Data analytics startup SAR closes $1M seed fund to expand its securities class action (SCA) data analytics coverage
SAR, a Bethesda, Maryland-based securities class action (SCA) data analytics software startup, has closed $1 million seed round to grow its team and expand its SCA data analytics coverage. The fresh capital infusion came from a group of angel investors. In conjunction with the funding, SAR announced the addition of new leadership team.
Founded in 2018, SAR is an independent and highly specialized provider of SCA data analytics services. The startup provides primary insurance carriers that underwrite Directors and Officers (D&O) liability insurance and specialty and excess players with independent company and claim-specific analyses of exposure and potential class-wide damages from alleged violations of the federal securities laws.

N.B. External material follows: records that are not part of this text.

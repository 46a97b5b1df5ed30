//! How a page is made.

ghost use Rattle.std.specs.Prelude.{◌≡◌, ◌+◌, ◌<◌, ◌≤◌, true, length, OnOk};
ghost use Rattle.sector_store.specs.Reserved.{AreReserved};
ghost use Rattle.sector_store.specs.Slots.{slot_at, table_span};
ghost use Rattle.sector_store.specs.Shown.{IsPageOf, ShowSame, is_held, is_touched, is_writable, sector_now};

use crate::base::Base;
use crate::change;
use crate::page::{PAGE, Page};
use crate::pages::Pages;
use std::alloc::{AllocError, Allocator};

/// Reads the eight sectors of a page.
fn read_page<B: Base>(base: &B, number: u32, out: &mut [u8])
    requires { length out.old ≡ 4096 }
    ensures { IsPageOf (B.sector base.now) number out.new }
{
    for place in 0..8usize {
        base.read(
            number as u64 * 8 + place as u64,
            &mut out[place * 512..place * 512 + 512],
        );
    }
}

impl<B: Base, A: Allocator + Copy> Pages<B, A> {
    /// The bytes of a page as it is now.
    fn shown(&self, number: u32) -> [u8; PAGE]
        ensures page { IsPageOf (sector_now (B.sector self.now.base) (slot_at self.now.table)) number result }
        ensures len { length result ≡ 4096 }
    {
        let mut bytes = [0; PAGE];
        match self.page(number) {
            Some(page) => bytes.copy_from_slice(page),
            None => read_page(&self.base, number, &mut bytes),
        }
        bytes
    }

    /// Makes the slot of a number, and puts the number into the list, if it isn't there.
    ///
    /// # Errors
    /// If there is no memory.
    pub(super) fn touch(&mut self, number: u32) -> Result<(), AllocError>
        requires { number < table_span self.old.table }
        ensures ok { OnOk result (is_touched (slot_at self.new.table) number ≡ true) }
        ensures same { ShowSame (B.sector self.old.base) (slot_at self.old.table) (slot_at self.new.table) }
        ensures span { table_span self.new.table ≡ table_span self.old.table }
        ensures base { self.new.base ≡ self.old.base }
        ensures sectors { self.new.sectors ≡ self.old.sectors }
    {
        if self.is_touched(number) {
            return Ok(());
        }
        let alloc = self.alloc;
        self.table.make(alloc, number)?;
        self.touched.push(number)?;
        change::touch(&mut self.table, number);
        Ok(())
    }

    /// Makes a page in the upper layer, if none is in memory there, with the bytes that it shows.
    ///
    /// # Errors
    /// If there is no memory.
    pub(super) fn reserve_page(&mut self, number: u32) -> Result<(), AllocError>
        requires { number < table_span self.old.table }
        ensures ok { OnOk result (is_held (slot_at self.new.table) number ≡ true) }
        ensures same { ShowSame (B.sector self.old.base) (slot_at self.old.table) (slot_at self.new.table) }
        ensures span { table_span self.new.table ≡ table_span self.old.table }
        ensures base { self.new.base ≡ self.old.base }
        ensures sectors { self.new.sectors ≡ self.old.sectors }
    {
        if self.is_held(number) {
            return Ok(());
        }
        self.touch(number)?;
        let bytes = self.shown(number);
        let page = Page::new(self.alloc, bytes)?;
        change::put(&mut self.table, number, page);
        Ok(())
    }

    /// Makes each page of these sectors in the upper layer.
    ///
    /// # Errors
    /// If there is no memory.
    pub(super) fn reserve_run(&mut self, lba: u64, sectors: u64) -> Result<(), AllocError>
        requires { lba + sectors ≤ self.old.sectors }
        ensures ok { OnOk result (AreReserved (is_writable (slot_at self.new.table)) lba sectors) }
        ensures same { ShowSame (B.sector self.old.base) (slot_at self.old.table) (slot_at self.new.table) }
        ensures base { self.new.base ≡ self.old.base }
        ensures sectors { self.new.sectors ≡ self.old.sectors }
    {
        let end = (lba + sectors).div_ceil(8);
        for number in lba / 8..end {
            self.reserve_page(number as u32)?;
        }
        Ok(())
    }
}

impl<B, A: Allocator> Pages<B, A> {
    /// Whether the page of a number's upper layer is in memory.
    pub(super) fn is_held(&self, number: u32) -> bool
        ensures { result ≡ is_held (slot_at self.now.table) number }
    {
        match self.table.slot(number) {
            Some(slot) => slot.is_held(),
            None => false,
        }
    }

    /// Whether a number is in the list.
    pub(super) fn is_touched(&self, number: u32) -> bool
        ensures { result ≡ is_touched (slot_at self.now.table) number }
    {
        match self.table.slot(number) {
            Some(slot) => slot.is_touched(),
            None => false,
        }
    }
}
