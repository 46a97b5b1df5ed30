//! How a sector is written.

ghost use Rattle.std.specs.Prelude.{◌≡◌, ◌+◌, ◌*◌, ◌/◌, ◌<◌, ◌≤◌, true, length};
ghost use Rattle.sector_store.specs.Slots.{slot_at};
ghost use Rattle.sector_store.specs.Reserved.{AreReserved};
ghost use Rattle.sector_store.specs.Shown.{AreWrittenAt, IsWrittenAt, is_writable};

use crate::base::Base;
use crate::change;
use crate::pages::Pages;
use std::alloc::Allocator;

impl<B: Base, A: Allocator> Pages<B, A> {
    /// Writes a sector whose page is in the upper layer.
    pub(super) fn write_sector(&mut self, lba: u64, sector: &[u8])
        requires inside { lba < self.old.sectors }
        requires sector { length sector.now ≡ 512 }
        requires writable { is_writable (slot_at self.old.table) lba ≡ true }
        ensures written { IsWrittenAt lba sector.now (slot_at self.old.table) (slot_at self.new.table) }
        ensures base { self.new.base ≡ self.old.base }
        ensures sectors { self.new.sectors ≡ self.old.sectors }
    {
        let place = (lba % 8) as usize;
        change::write(&mut self.table, (lba / 8) as u32, place, sector);
    }

    /// Writes these bytes over the sectors from `lba` on, whose pages are in the upper layer.
    pub(super) fn write_run(&mut self, lba: u64, bytes: &[u8])
        requires whole { length bytes.now ≡ 512 * (length bytes.now / 512) }
        requires inside { lba + length bytes.now / 512 ≤ self.old.sectors }
        requires writable { AreReserved (is_writable (slot_at self.old.table)) lba (length bytes.now / 512) }
        ensures written { AreWrittenAt lba (length bytes.now / 512) bytes.now (slot_at self.old.table) (slot_at self.new.table) }
        ensures base { self.new.base ≡ self.old.base }
        ensures sectors { self.new.sectors ≡ self.old.sectors }
    {
        let count = bytes.len() / 512;
        for k in 0..count {
            self.write_sector(lba + k as u64, &bytes[k * 512..k * 512 + 512]);
        }
    }
}
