//! Job lists as text in and text out: worked ones, and readers and writers that fail.
mod crews;
mod failures;
mod worked;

The applied econometric analyses are based on methodologies that abide by established precedents in key circuits of the U.S. Federal Court system.

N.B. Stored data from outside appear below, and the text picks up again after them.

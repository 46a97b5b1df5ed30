//! When a run calls its gate: one that makes a job wait for another worker's, and one that notes what the device has done.
ghost use Rattle.std.specs.Prelude.{◌≤◌};

use crate::tests::common::{Way, crowd, waits_for};
use crate::tests::jobs::{Jobs, commands};
use ahci_driver::{Chooser, Gate, Low, run};
use ahci_port::{DeviceStep, Port};
use std::alloc::Global;
use std::process::Abort;
use std::sync::Wait;
use std::sync::atomic::Ordering::SeqCst;
use std::sync::atomic::{AtomicBool, AtomicU32};
use std::test::Fail;
use std::thread::Threads;
use test_helpers::{Job, ops_of};

/// Job `first` begins once job `other` is answered, or after so many turns.
#[derive(Drop)]
struct Waits {
    first: usize,
    other: usize,
    answered: AtomicBool,
    met: AtomicBool,
}

impl Gate for Waits {
    fn before(&self, job: usize) {
        if job == self.first && waits_for(&self.answered) {
            self.met.store(true, SeqCst);
        }
    }

    fn after(&self, job: usize) {
        if job == self.other {
            self.answered.store(true, SeqCst);
        }
    }
}

fn meets<R: Threads + Wait + Sync + Abort>(
    rt: &R,
    alloc: Global,
    depth: u32,
    first: usize,
    other: usize,
) -> Result<(), Fail> {
    let gate = Waits {
        first,
        other,
        answered: AtomicBool::new(false),
        met: AtomicBool::new(false),
    };
    let port = Port::new(alloc, vec![in alloc; 0; 4096]?, depth)?;
    let jobs = ops_of(alloc, &[Job::Read(0), Job::Read(1)])?;
    let ended = run(
        rt,
        alloc,
        port,
        &jobs,
        2,
        crowd(alloc, Way::Lowest, 2)?,
        &gate,
    );
    assert!(rt; ended.is_ok());
    assert!(rt; gate.met.load(SeqCst), "job {first} waits for job {other}");
    Ok(())
}

// At depth 1 a job that waits must not have the tag.
#[test]
fn a_job_can_wait_for_that_of_another_worker(rt: HostRuntime) -> Result<(), Fail> {
    let alloc = rt.alloc();
    for depth in [2, 1u32] {
        meets(&rt, alloc, depth, 0, 1)?;
        meets(&rt, alloc, depth, 1, 0)?;
    }
    Ok(())
}

/// A number for each of five jobs.
type Five = [AtomicU32; 5];

fn five() -> Five {
    [
        AtomicU32::new(0),
        AtomicU32::new(0),
        AtomicU32::new(0),
        AtomicU32::new(0),
        AtomicU32::new(0),
    ]
}

/// Serves as `Low`, and counts the device's steps.
#[derive(Clone, Copy, Drop)]
struct Counted<'a> {
    steps: &'a AtomicU32,
}

impl<'a> Chooser for Counted<'a> {
    fn next(&mut self, issued: u32, accepted: u32) -> DeviceStep {
        let _before = self.steps.fetch_add(1, SeqCst);
        Low.next(issued, accepted)
    }
}

/// Of each job, before it is submitted and after it is answered: a thousand for each time, and the device's steps by then.
#[derive(Drop)]
struct Passed<'a> {
    steps: &'a AtomicU32,
    before: Five,
    after: Five,
}

impl<'a> Passed<'a> {
    fn note(&self, passed: &Five, job: usize) {
        if let Some(number) = passed.get(job) {
            let steps = self.steps.load(SeqCst) % 1_000;
            let _before = number.fetch_add(1_000 + steps, SeqCst);
        }
    }
}

impl<'a> Gate for Passed<'a> {
    fn before(&self, job: usize) {
        self.note(&self.before, job);
    }

    fn after(&self, job: usize) {
        self.note(&self.after, job);
    }
}

/// What has passed before and after five jobs of so many workers.
fn passes<R: Threads + Wait + Sync + Abort>(
    rt: &R,
    alloc: Global,
    workers: u32,
) -> Result<[(u32, u32); 5], Fail>
    requires some { 1 ≤ workers }
    requires most { workers ≤ 32 }
{
    let steps = AtomicU32::new(0);
    let gate = Passed {
        steps: &steps,
        before: five(),
        after: five(),
    };
    let choosers = vec![in alloc; Counted { steps: &steps }; workers as usize]?;
    let port = Port::new(alloc, vec![in alloc; 0; 4096]?, 2)?;
    let jobs = commands(alloc, Jobs::Five)?;
    assert!(rt; run(rt, alloc, port, &jobs, workers, choosers, &gate).is_ok());
    let mut passed = [(0, 0); 5];
    for (pair, (before, after)) in passed
        .iter_mut()
        .zip(gate.before.iter().zip(gate.after.iter()))
    {
        *pair = (before.load(SeqCst), after.load(SeqCst));
    }
    Ok(passed)
}

#[test]
fn a_worker_passes_the_gate_before_it_submits_and_with_the_answer(
    rt: HostRuntime,
) -> Result<(), Fail> {
    let wanted = [
        (1_000, 1_002),
        (1_002, 1_004),
        (1_004, 1_006),
        (1_006, 1_008),
        (1_008, 1_010),
    ];
    let found = passes(&rt, rt.alloc(), 1)?;
    assert!(rt; found == wanted, "{found:?}");
    Ok(())
}

#[test]
fn each_job_of_two_workers_passes_the_gate_once_by_its_index(rt: HostRuntime) -> Result<(), Fail> {
    for (before, after) in passes(&rt, rt.alloc(), 2)? {
        assert!(rt;
            before / 1_000 == 1 && after / 1_000 == 1,
            "{before}, {after}"
        );
    }
    Ok(())
}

SAR is the pioneer in event-driven SCA data analytics, combining proven event study methodology with cloud-based processing to identify, track, and uniformly quantify potential exposure from adverse events. SAR empowers public company D&O claims professionals with easy-to-use, cloud-based, robust econometric tools that track and quantify severity on filed claims that allege violations of Section 10(b) and 20(a) of the Securities Exchange Act, and Rule 10b-5 promulgated thereunder by the U.S. Securities and Exchange Commission.

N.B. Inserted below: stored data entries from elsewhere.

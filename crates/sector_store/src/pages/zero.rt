//! How sectors become zeros. Those of whole pages get a mark, which takes no page; those of the others are written.

ghost use Rattle.std.specs.Prelude.{◌≡◌, ◌⊎◌, ℕ, ◌+◌, ◌-◌, ◌*◌, ◌/◌, ◌<◌, ◌≤◌, OnOk, OnErr};
ghost use Rattle.sector_store.specs.Blank.{AreClearable, AreMarkable, IsCleared};
ghost use Rattle.sector_store.specs.Slots.{slot_at, table_span};
ghost use Rattle.sector_store.specs.Shown.{ShowSame, is_touched, is_writable, sector_kept};
ghost use Rattle.ncq_journal.specs.Image.{is_within};
ghost use Rattle.sector_store.specs.Room.{MakesRoom};
ghost use Rattle.sector_store.specs.Zeroed.{StayReservedBut};

use crate::base::Base;
use crate::change;
use crate::pages::Pages;
use ncq_journal::Journal;
use std::alloc::{AllocError, Allocator};

/// What a sector has that is zeros.
static SECTOR: [u8; 512] = [0; 512];

/// Where the first whole page of these sectors begins, or their end.
fn front_of(lba: u64, end: u64) -> u64
    requires order { lba ≤ end }
    requires most { end ≤ 4294967296 }
    ensures from { lba ≤ result }
    ensures to { result ≤ end }
    ensures part { result ≤ 8 * (lba / 8) + 8 }
    ensures whole { (8 * (result / 8) ≡ result) ⊎ (result ≡ end) }
{
    let whole = lba.div_ceil(8) * 8;
    if whole < end { whole } else { end }
}

/// Where the last whole page of the sectors from the first whole page on ends, or that place.
fn back_of(front: u64, end: u64) -> u64
    requires { front ≤ end }
    ensures from { front ≤ result }
    ensures to { result ≤ end }
    ensures part { end ≤ 8 * (result / 8) + 8 }
    ensures whole { (8 * (result / 8) ≡ result) ⊎ (result ≡ front) }
{
    let whole = end / 8 * 8;
    if front < whole { whole } else { front }
}

impl<B: Base, A: Allocator + Copy> Pages<B, A> {
    /// Takes the memory with which these sectors of one page can be written, if they aren't known to be zeros.
    ///
    /// # Errors
    /// If there is no memory.
    #[tactic(auto, using(crate::proofs::ZeroLemmas::clearable_none, crate::proofs::ZeroLemmas::clearable_blank, crate::proofs::ZeroLemmas::clearable_held))]
    fn prepare_part(&mut self, lba: u64, sectors: u64) -> Result<(), AllocError>
        requires inside { lba + sectors ≤ self.old.sectors }
        requires one { lba + sectors ≤ 8 * (lba / 8) + 8 }
        ensures ok { OnOk result (AreClearable (B.sector self.old.base) (is_within lba sectors) (slot_at self.new.table)) }
        ensures same { ShowSame (B.sector self.old.base) (slot_at self.old.table) (slot_at self.new.table) }
        ensures base { self.new.base ≡ self.old.base }
        ensures sectors { self.new.sectors ≡ self.old.sectors }
    {
        let number = (lba / 8) as u32;
        if sectors == 0 || self.is_blank(number) {
            return Ok(());
        }
        self.reserve_page(number)?;
        Ok(())
    }

    /// Takes the memory that the mark of a page needs, if it isn't known to be zeros.
    ///
    /// # Errors
    /// If there is no memory.
    #[tactic(auto, using(crate::proofs::ZeroLemmas::markable_blank, crate::proofs::ZeroLemmas::markable_touched))]
    fn prepare_page(&mut self, number: u32) -> Result<(), AllocError>
        requires { number < table_span self.old.table }
        ensures ok { OnOk result (AreMarkable (B.sector self.old.base) number (number + 1) (slot_at self.new.table)) }
        ensures same { ShowSame (B.sector self.old.base) (slot_at self.old.table) (slot_at self.new.table) }
        ensures span { table_span self.new.table ≡ table_span self.old.table }
        ensures base { self.new.base ≡ self.old.base }
        ensures sectors { self.new.sectors ≡ self.old.sectors }
    {
        if self.is_blank(number) {
            return Ok(());
        }
        self.touch(number)?;
        Ok(())
    }

    /// Takes the memory that the marks of these pages need, of those that aren't known to be zeros.
    ///
    /// # Errors
    /// If there is no memory.
    fn prepare_pages(&mut self, first: u64, end: u64) -> Result<(), AllocError>
        requires { 8 * end ≤ self.old.sectors }
        ensures ok { OnOk result (AreMarkable (B.sector self.old.base) first end (slot_at self.new.table)) }
        ensures same { ShowSame (B.sector self.old.base) (slot_at self.old.table) (slot_at self.new.table) }
        ensures base { self.new.base ≡ self.old.base }
        ensures sectors { self.new.sectors ≡ self.old.sectors }
    {
        for number in first..end {
            self.prepare_page(number as u32)?;
        }
        Ok(())
    }

    /// Takes the memory with which sectors can become zeros: those before the whole pages, the whole pages, and those behind them.
    ///
    /// # Errors
    /// If there is no memory.
    fn prepare_run(
        &mut self,
        lba: u64,
        sectors: u64,
        front: u64,
        back: u64,
    ) -> Result<(), AllocError>
        requires inside { lba + sectors ≤ self.old.sectors }
        requires from { lba ≤ front }
        requires order { front ≤ back }
        requires to { back ≤ lba + sectors }
        requires head { front ≤ 8 * (lba / 8) + 8 }
        requires tail { lba + sectors ≤ 8 * (back / 8) + 8 }
        ensures head { OnOk result (AreClearable (B.sector self.old.base) (is_within lba (front - lba)) (slot_at self.new.table)) }
        ensures tail { OnOk result (AreClearable (B.sector self.old.base) (is_within back (lba + sectors - back)) (slot_at self.new.table)) }
        ensures pages { OnOk result (AreMarkable (B.sector self.old.base) (front / 8) (back / 8) (slot_at self.new.table)) }
        ensures same { ShowSame (B.sector self.old.base) (slot_at self.old.table) (slot_at self.new.table) }
        ensures base { self.new.base ≡ self.old.base }
        ensures sectors { self.new.sectors ≡ self.old.sectors }
    {
        self.prepare_part(lba, front - lba)?;
        self.prepare_part(back, lba + sectors - back)?;
        self.prepare_pages(front / 8, back / 8)
    }

    /// Makes these sectors zeros. All memory is taken before the first changes, that for the journal's room among it.
    ///
    /// # Errors
    /// If there is no memory.
    pub(super) fn zero_run<J: Allocator>(
        &mut self,
        lba: u64,
        sectors: u64,
        journal: &mut Journal<J>,
        count: u64,
    ) -> Result<(), AllocError>
        requires { lba + sectors ≤ self.old.sectors }
        ensures ok { OnOk result (IsCleared (B.sector self.old.base) (is_within lba sectors) (slot_at self.old.table) (slot_at self.new.table)) }
        ensures err { OnErr result (ShowSame (B.sector self.old.base) (slot_at self.old.table) (slot_at self.new.table)) }
        ensures room { OnOk result (MakesRoom count journal.old journal.new) }
        ensures journal { OnErr result (journal.new ≡ journal.old) }
        ensures kept { (s : ℕ) → sector_kept (B.sector self.old.base) (slot_at self.new.table) s ≡ sector_kept (B.sector self.old.base) (slot_at self.old.table) s }
        ensures stay { StayReservedBut lba sectors (is_writable (slot_at self.old.table)) (is_writable (slot_at self.new.table)) }
        ensures base { self.new.base ≡ self.old.base }
        ensures sectors { self.new.sectors ≡ self.old.sectors }
    {
        let end = lba + sectors;
        let front = front_of(lba, end);
        let back = back_of(front, end);
        self.prepare_run(lba, sectors, front, back)?;
        journal.reserve(count)?;
        self.zero_prepared(lba, sectors, front, back);
        Ok(())
    }
}

impl<B: Base, A: Allocator> Pages<B, A> {
    /// Makes a sector zeros, if it can be written.
    #[tactic(auto, using(crate::proofs::ZeroLemmas::cleared_unheld))]
    fn zero_sector(&mut self, lba: u64)
        requires inside { lba < self.old.sectors }
        requires clearable { AreClearable (B.sector self.old.base) (is_within lba 1) (slot_at self.old.table) }
        ensures cleared { IsCleared (B.sector self.old.base) (is_within lba 1) (slot_at self.old.table) (slot_at self.new.table) }
        ensures base { self.new.base ≡ self.old.base }
        ensures sectors { self.new.sectors ≡ self.old.sectors }
    {
        if self.is_held((lba / 8) as u32) {
            self.write_sector(lba, SECTOR.as_slice());
        }
    }

    /// Makes these sectors zeros, of those that can be written.
    fn zero_part(&mut self, lba: u64, sectors: u64)
        requires inside { lba + sectors ≤ self.old.sectors }
        requires clearable { AreClearable (B.sector self.old.base) (is_within lba sectors) (slot_at self.old.table) }
        ensures cleared { IsCleared (B.sector self.old.base) (is_within lba sectors) (slot_at self.old.table) (slot_at self.new.table) }
        ensures base { self.new.base ≡ self.old.base }
        ensures sectors { self.new.sectors ≡ self.old.sectors }
    {
        for k in 0..sectors {
            self.zero_sector(lba + k);
        }
    }

    /// Marks a page as zeros, if its number is in the list. Its memory comes back.
    #[tactic(auto, using(crate::proofs::ZeroLemmas::cleared_unlisted, crate::proofs::ChangeLemmas::touched_zeroed))]
    fn zero_page(&mut self, number: u32)
        requires { AreMarkable (B.sector self.old.base) number (number + 1) (slot_at self.old.table) }
        ensures cleared { IsCleared (B.sector self.old.base) (is_within (8 * number) 8) (slot_at self.old.table) (slot_at self.new.table) }
        ensures touched { (q : ℕ) → is_touched (slot_at self.new.table) q ≡ is_touched (slot_at self.old.table) q }
        ensures base { self.new.base ≡ self.old.base }
        ensures sectors { self.new.sectors ≡ self.old.sectors }
    {
        if self.is_touched(number) {
            change::zero(&mut self.table, number);
        }
    }

    /// Marks these pages as zeros.
    fn zero_pages(&mut self, first: u64, end: u64)
        requires order { first ≤ end }
        requires inside { 8 * end ≤ self.old.sectors }
        requires markable { AreMarkable (B.sector self.old.base) first end (slot_at self.old.table) }
        ensures cleared { IsCleared (B.sector self.old.base) (is_within (8 * first) (8 * (end - first))) (slot_at self.old.table) (slot_at self.new.table) }
        ensures base { self.new.base ≡ self.old.base }
        ensures sectors { self.new.sectors ≡ self.old.sectors }
    {
        for number in first..end {
            self.zero_page(number as u32);
        }
    }

    /// Makes sectors zeros: those before the whole pages, the whole pages, and those behind them.
    fn zero_prepared(&mut self, lba: u64, sectors: u64, front: u64, back: u64)
        requires inside { lba + sectors ≤ self.old.sectors }
        requires from { lba ≤ front }
        requires order { front ≤ back }
        requires to { back ≤ lba + sectors }
        requires first { (8 * (front / 8) ≡ front) ⊎ (front ≡ lba + sectors) }
        requires last { (8 * (back / 8) ≡ back) ⊎ (back ≡ front) }
        requires head { AreClearable (B.sector self.old.base) (is_within lba (front - lba)) (slot_at self.old.table) }
        requires tail { AreClearable (B.sector self.old.base) (is_within back (lba + sectors - back)) (slot_at self.old.table) }
        requires pages { AreMarkable (B.sector self.old.base) (front / 8) (back / 8) (slot_at self.old.table) }
        ensures cleared { IsCleared (B.sector self.old.base) (is_within lba sectors) (slot_at self.old.table) (slot_at self.new.table) }
        ensures base { self.new.base ≡ self.old.base }
        ensures sectors { self.new.sectors ≡ self.old.sectors }
    {
        self.zero_pages(front / 8, back / 8);
        self.zero_part(lba, front - lba);
        self.zero_part(back, lba + sectors - back);
    }
}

“SAR is honored to have such a dedicated and focused team of skilled professionals lead our mission to enhance transparency in the securities class action arena with best-in-class SCA data analytics,” said Nessim Mezrahi, CEO of SAR.
Today, SAR announces that commencing in 2020, the Data Science team will actively track, monitor, and analyze SCAs that allege violations of the federal securities laws under Section 11, Section 12(a)(2), and Section 15 of the Securities Act of 1933, and Exchange Act claims that allege violations of Rule 10b-5 involving non-U.S. domiciled companies that are listed in American Exchanges and trade through American Depository Receipts (ADRs).